Below are the records; repeat them in full, exactly.

§ Provided records
⟨

//! A text of which no more is kept than has room.

ghost use Rattle.std.specs.Prelude.{◌≡◌, ◌≤◌, ◌++◌, ℕ, List, [], flat_map, length};
ghost use Rattle.std.specs.Borrow.{ftrue};

use crate::room::put;
use hserialize::Target;
use names::Refusal;
use std::alloc::Global;
use std::marker::Model;
use std::slice::from_ref;

/// The length of a text, and its bytes if they fit into a room.
#[derive(Drop)]
pub(crate) struct Fitted {
    kept: Vec<u8>,
    pub(crate) room: usize,
    pub(crate) count: usize,
    all: History,
    failures: u64,
    ghost counted: { count ≡ length all.bytes },
    ghost whole: { count ≤ room → kept.items ≡ all.bytes },
    ghost within: { length kept.items ≤ room },
}

impl Fitted {
    ghost use Rattle.std.specs.Prelude.{Some, None, true};
    ghost use Rattle.hserialize.specs.Output.{WritesText};
    ghost use Rattle.html_c.specs.Fitted.{fitted_failures, IsFitted, fitted_contents, fitted_text};
    ghost use Rattle.html_c.specs.Room.{put_over};

    pub(crate) fn new(alloc: Global, room: usize) -> Fitted
        ensures empty { fitted_text result ≡ [] }
        ensures room { result.room ≡ room }
    {
        Fitted {
            kept: Vec::new(alloc),
            room,
            count: 0,
            all: History::with(&[], &[]),
            failures: 0,
        }
    }

    /// Adds bytes, unless there is no memory for them.
    fn add(&mut self, bytes: &[u8]) -> Option<()>
        ensures added { result ≡ Some tt → fitted_text self.new ≡ fitted_text self.old ++ bytes.now }
        ensures none { result ≡ None → fitted_text self.new ≡ fitted_text self.old }
        ensures room { self.new.room ≡ self.old.room }
        ensures failures { fitted_failures self.new ≡ fitted_failures self.old }
    {
        let count = self.count.checked_add(bytes.len())?;
        if count <= self.room {
            self.kept.extend_from_slice(bytes).ok()?;
        }
        self.all = History::with(from_ref(&self.all), bytes);
        self.count = count;
        Some(())
    }

    /// The text that was written, if all of it was: what fails is memory alone.
    pub(crate) fn written(self, answer: Result<(), Refusal>) -> Result<Fitted, Refusal>
        ensures { (text : List ℕ) (old : Fitted) → fitted_text old ≡ []
            → WritesText fitted_contents fitted_failures text old self answer → IsFitted old.room text result }
    {
        match answer {
            Ok(()) => Ok(self),
            Err(_) => Err(Refusal::Memory),
        }
    }

    /// Writes it to the beginning of its room, if it is to be written.
    pub(crate) fn put(&self, fits: bool, room: &mut [u8])
        requires room { self.now.room ≡ length room.old }
        requires fits { fits ≡ true → length (fitted_text self.now) ≤ length room.old }
        ensures { room.new ≡ put_over fits (fitted_text self.now) room.old }
    {
        put(fits, &self.kept, room);
    }
}

impl Target for Fitted {
    ghost use Rattle.html_c.specs.Fitted.{fitted_contents, fitted_failures};

    ghost written = { fitted_contents };

    ghost failed = { fitted_failures };

    fn write(&mut self, bytes: &[u8]) -> Option<usize> {
        if self.add(bytes).is_none() {
            self.failures = self.failures.saturating_add(1);
            return None;
        }
        Some(bytes.len())
    }

    fn flush(&mut self) -> bool {
        true
    }

    fn failures(&self) -> u64 {
        self.failures
    }
}

/// All bytes that were written to a text. It takes no memory and does nothing: only proofs read it.
#[derive(Drop)]
struct History {
    ghost bytes: { List ℕ },
}

impl Model for History {
    ghost also_owns = { λ _. ftrue };
}

impl History {
    /// Those of earlier ones, and then these.
    fn with(_earlier: &[History], _bytes: &[u8]) -> History
        ensures { result.bytes ≡ flat_map (λ earlier. earlier.bytes) _earlier.now ++ _bytes.now }
    {
        History {}
    }
}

⟩

§ Answer area
//! A text of which no more is kept than has room.

ghost use Rattle.std.specs.Prelude.{◌≡◌, ◌≤◌, ◌++◌, ℕ, List, [], flat_map, length};
ghost use Rattle.std.specs.Borrow.{ftrue};

use crate::room::put;
use hserialize::Target;
use names::Refusal;
use std::alloc::Global;
use std::marker::Model;
use std::slice::from_ref;

/// The length of a text, and its bytes if they fit into a room.
#[derive(Drop)]
pub(crate) struct Fitted {
    kept: Vec<u8>,
    pub(crate) room: usize,
    pub(crate) count: usize,
    all: History,
    failures: u64,
    ghost counted: { count ≡ length all.bytes },
    ghost whole: { count ≤ room → kept.items ≡ all.bytes },
    ghost within: { length kept.items ≤ room },
}

impl Fitted {
    ghost use Rattle.std.specs.Prelude.{Some, None, true};
    ghost use Rattle.hserialize.specs.Output.{WritesText};
    ghost use Rattle.html_c.specs.Fitted.{fitted_failures, IsFitted, fitted_contents, fitted_text};
    ghost use Rattle.html_c.specs.Room.{put_over};

    pub(crate) fn new(alloc: Global, room: usize) -> Fitted
        ensures empty { fitted_text result ≡ [] }
        ensures room { result.room ≡ room }
    {
        Fitted {
            kept: Vec::new(alloc),
            room,
            count: 0,
            all: History::with(&[], &[]),
            failures: 0,
        }
    }

    /// Adds bytes, unless there is no memory for them.
    fn add(&mut self, bytes: &[u8]) -> Option<()>
        ensures added { result ≡ Some tt → fitted_text self.new ≡ fitted_text self.old ++ bytes.now }
        ensures none { result ≡ None → fitted_text self.new ≡ fitted_text self.old }
        ensures room { self.new.room ≡ self.old.room }
        ensures failures { fitted_failures self.new ≡ fitted_failures self.old }
    {
        let count = self.count.checked_add(bytes.len())?;
        if count <= self.room {
            self.kept.extend_from_slice(bytes).ok()?;
        }
        self.all = History::with(from_ref(&self.all), bytes);
        self.count = count;
        Some(())
    }

    /// The text that was written, if all of it was: what fails is memory alone.
    pub(crate) fn written(self, answer: Result<(), Refusal>) -> Result<Fitted, Refusal>
        ensures { (text : List ℕ) (old : Fitted) → fitted_text old ≡ []
            → WritesText fitted_contents fitted_failures text old self answer → IsFitted old.room text result }
    {
        match answer {
            Ok(()) => Ok(self),
            Err(_) => Err(Refusal::Memory),
        }
    }

    /// Writes it to the beginning of its room, if it is to be written.
    pub(crate) fn put(&self, fits: bool, room: &mut [u8])
        requires room { self.now.room ≡ length room.old }
        requires fits { fits ≡ true → length (fitted_text self.now) ≤ length room.old }
        ensures { room.new ≡ put_over fits (fitted_text self.now) room.old }
    {
        put(fits, &self.kept, room);
    }
}

impl Target for Fitted {
    ghost use Rattle.html_c.specs.Fitted.{fitted_contents, fitted_failures};

    ghost written = { fitted_contents };

    ghost failed = { fitted_failures };

    fn write(&mut self, bytes: &[u8]) -> Option<usize> {
        if self.add(bytes).is_none() {
            self.failures = self.failures.saturating_add(1);
            return None;
        }
        Some(bytes.len())
    }

    fn flush(&mut self) -> bool {
        true
    }

    fn failures(&self) -> u64 {
        self.failures
    }
}

/// All bytes that were written to a text. It takes no memory and does nothing: only proofs read it.
#[derive(Drop)]
struct History {
    ghost bytes: { List ℕ },
}

impl Model for History {
    ghost also_owns = { λ _. ftrue };
}

impl History {
    /// Those of earlier ones, and then these.
    fn with(_earlier: &[History], _bytes: &[u8]) -> History
        ensures { result.bytes ≡ flat_map (λ earlier. earlier.bytes) _earlier.now ++ _bytes.now }
    {
        History {}
    }
}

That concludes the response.